El corazón de Charny se oprimió; había creído reconocer en la Condesa alguna cosa semejante a lo que el Rey acababa de indicar; pero tenía demasiado presentes todos los detalles de su última entrevista con Andrea, para no anteponerlos a lo que le decía el corazón y la afirmación del Rey.

—Y me he fijado en tanto más —continuó Luis XVI—, cuanto que ya en mi viaje a París, y cuando fuisteis enviado al Ayuntamiento por la Reina, esta me aseguró positivamente que la Condesa estuvo a punto de morir de pesar en vuestra ausencia y de alegría cuando volvisteis.

—Señor —dijo Charny sonriendo con tristeza—, Dios ha permitido que los que nacen superiores a nosotros, recibieran, sin duda, como uno de los privilegios de su raza, esa mirada que busca hasta en el fondo de los corazones secretos que se mantienen ignorados para los demás hombres. El Rey y la Reina han visto así y tal debe ser; pero la debilidad de mis ojos me hace ver de distinta manera. He aquí por qué rogaría al Rey que no se inquietase de ese gran amor de la señora de Charny a mi persona; y si quiere ocuparme en alguna misión peligrosa o lejana, la ausencia o el riesgo serán igualmente bienvenidos, al menos por mi parte.

—Sin embargo, cuando hace ocho días la Reina quiso enviaros a Turín, parece que deseasteis permanecer en París.

—Creí que mi hermano era suficiente para aquella misión, y me reservé para otra más difícil o más peligrosa.
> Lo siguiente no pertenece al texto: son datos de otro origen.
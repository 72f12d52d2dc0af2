ghost use Rattle.std.specs.Prelude.{◌≡◌};
ghost use Rattle.clock.specs.Reading.{told_of};

use state::{Clock, Micros, REFUSED_STATE, TIME_BAD, in_range};

// What a clock shows.
#[repr(C)]
#[derive(Clone, Copy, Debug, PartialEq, Eq)]
pub struct Reading {
    pub seconds: u32,
    pub micros: Micros,
    pub status: u8,
    pub maxerror: Micros,
    pub esterror: Micros,
}

// The answer of a reading: refusal 0 with what the clock shows, or refusal 1 with zeros and status 4. A
// struct and no Result: C reads it by value, and document 01 gives a refused reading these values.
#[repr(C)]
#[derive(Clone, Copy, Debug, PartialEq, Eq)]
pub struct Told {
    pub refusal: u8,
    pub reading: Reading,
}

// A reading of a clock, which it does not change.
pub fn read(c: Clock) -> Told
    ensures { result ≡ told_of c }
{
    if !in_range(c) {
        return Told {
            refusal: REFUSED_STATE,
            reading: Reading {
                seconds: 0,
                micros: Micros(0),
                status: TIME_BAD,
                maxerror: Micros(0),
                esterror: Micros(0),
            },
        };
    }
    Told {
        refusal: 0,
        reading: Reading {
            seconds: c.seconds,
            micros: c.micros,
            status: c.status,
            maxerror: c.maxerror,
            esterror: c.esterror,
        },
    }
}
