// A run of ticks, by turns: each goes in one step as far as the second is sure to last, and by the tick after
// it.
ghost use Rattle.std.specs.Prelude.{◌≡◌, ℕ, ◌≤◌, ◌<◌};
ghost use Rattle.state.specs.State.{last_second};
ghost use Rattle.state.specs.Refusal.{refusal_number};
ghost use Rattle.clock.specs.Ticks.{ran_of, refused_catch_up};
ghost use Rattle.clock.specs.Inner.{ran, TurnOf};

use crate::jump::Jump;
use crate::sound::Sound;
use state::{Clock, LAST_SECOND, MICROS_PER_SECOND, Refusal};

// The answer of many ticks: refusal 0 where the call was accepted, else its number in the table of refusals;
// how many ticks were accepted; the refusal of the tick that ended them, or 0; and the clock after the
// accepted ones. C reads it by value, so that its refusals are numbers, and it is no Result.
#[repr(C)]
#[derive(Clone, Copy, Debug, PartialEq, Eq)]
pub struct CaughtUp {
    pub refusal: u8,
    pub count: u64,
    pub tick_refusal: u8,
    pub clock: Clock,
}

impl CaughtUp {
    // Of a call that is refused, with the clock that it hands back.
    pub(crate) fn refused(clock: Clock, refusal: Refusal) -> Self
        ensures { result ≡ refused_catch_up (refusal_number refusal) clock }
    {
        CaughtUp {
            refusal: refusal.number(),
            count: 0,
            tick_refusal: 0,
            clock,
        }
    }

    // Of so many accepted ticks, and the refusal of the one after them, or 0.
    fn ran(count: u64, tick_refusal: u8, clock: Clock) -> Self
        ensures { result ≡ ran count tick_refusal clock }
    {
        CaughtUp {
            refusal: 0,
            count,
            tick_refusal,
            clock,
        }
    }
}

// How a turn ends.
#[derive(Clone, Copy)]
enum End {
    // within the second that it began in
    Within,
    // with the tick that rolls the second over
    Rolled,
    // before a tick that is refused
    Refused(Refusal),
}

// Some ticks of a run: how many were accepted, and the clock after them.
#[derive(Clone, Copy)]
struct Turn {
    end: End,
    count: u64,
    clock: Sound,
}

// A turn in the last second of all: where the last of its ticks would roll over, that one is refused.
fn last_turn(jump: Jump) -> Turn
    requires last { jump.from.clock.seconds ≡ last_second }
    requires some { 0 < jump.ticks }
    ensures { (n : ℕ) → jump.ticks ≤ n → TurnOf n jump.from.clock result.end result.count result.clock.clock }
{
    let a = jump.advance();
    if a.micros.0 < MICROS_PER_SECOND {
        return Turn {
            end: End::Within,
            count: jump.ticks,
            clock: jump.from.at(a),
        };
    }
    let before = jump.less_a_tick();
    Turn {
        end: End::Refused(Refusal::Last),
        count: before.ticks,
        clock: before.from.at(before.advance()),
    }
}

// The first of up to `most` ticks, none after one that rolls over. The last second is seen before the ticks
// are made: the clock as it was need not be kept beyond them, which would take an instruction in ten more.
fn take_turn(s: Sound, most: u64) -> Turn
    requires { 0 < most }
    ensures { TurnOf most s.clock result.end result.count result.clock.clock }
{
    let jump = Jump::of(s, most);
    if s.clock.seconds == LAST_SECOND {
        return last_turn(jump);
    }
    let a = jump.advance();
    if a.micros.0 < MICROS_PER_SECOND {
        return Turn {
            end: End::Within,
            count: jump.ticks,
            clock: s.at(a),
        };
    }
    Turn {
        end: End::Rolled,
        count: jump.ticks,
        clock: s.at(a.less_a_second()).rollover(),
    }
}

// Up to n ticks, to the first that is refused; where `stop`, to the tick that rolls the second over. What is
// left falls by what a turn has made, so that no range counts it.
pub(crate) fn run(s: Sound, n: u64, stop: bool) -> CaughtUp
    ensures { result ≡ ran_of stop n s.clock }
{
    let mut now = s;
    let mut left = n;
    while 0 < left {
        let turn = take_turn(now, left);
        now = turn.clock;
        left -= turn.count;
        match turn.end {
            End::Refused(why) => return CaughtUp::ran(n - left, why.number(), now.clock),
            End::Rolled if stop => return CaughtUp::ran(n - left, 0, now.clock),
            _ => {}
        }
    }
    CaughtUp::ran(n, 0, now.clock)
}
—Pues bien, precisamente porque ha llegado el momento de confiaros una misión, difícil hoy, y que no carece de peligro para el porvenir, querido Conde, os hablaba del aislamiento de la señora de Charny, a quien hubiera querido ver junto a una amiga, puesto que la privo del esposo.

—Escribiré a la Condesa, señor, para manifestarle los buenos sentimientos de Vuestra Majestad.

—¡Cómo que le escribiréis! ¿No pensáis ver a la Condesa antes de vuestra marcha?

—Me he presentado tan sólo una vez en casa de la condesa de Charny y sin pedirle permiso, y por su manera de recibirme necesitaría ahora nada menos que la orden expresa de Vuestra Majestad para pedirle de nuevo, señor.

—Pues entonces no hablemos más; hablaré de todo esto con la Reina durante vuestra ausencia —dijo Luis XVI levantándose de la mesa.

Después, tosiendo dos o tres veces con la satisfacción del hombre que acaba de comer bien y que está seguro de su digestión, añadió:

—A fe mía que los médicos tienen razón al decir que todo asunto tiene dos caras, una de enojo para el que no ha comido, y otra alegre para el que tiene el estómago repleto… Pasad a mi gabinete, querido Conde, porque estoy dispuesto a hablaros francamente.

El Conde siguió a Luis XVI, pensando en lo que algunas veces hace perder majestad a una testa coronada, y en esa parte material y vulgar que la orgullosa María Antonieta no podía abstenerse de criticar en su marido.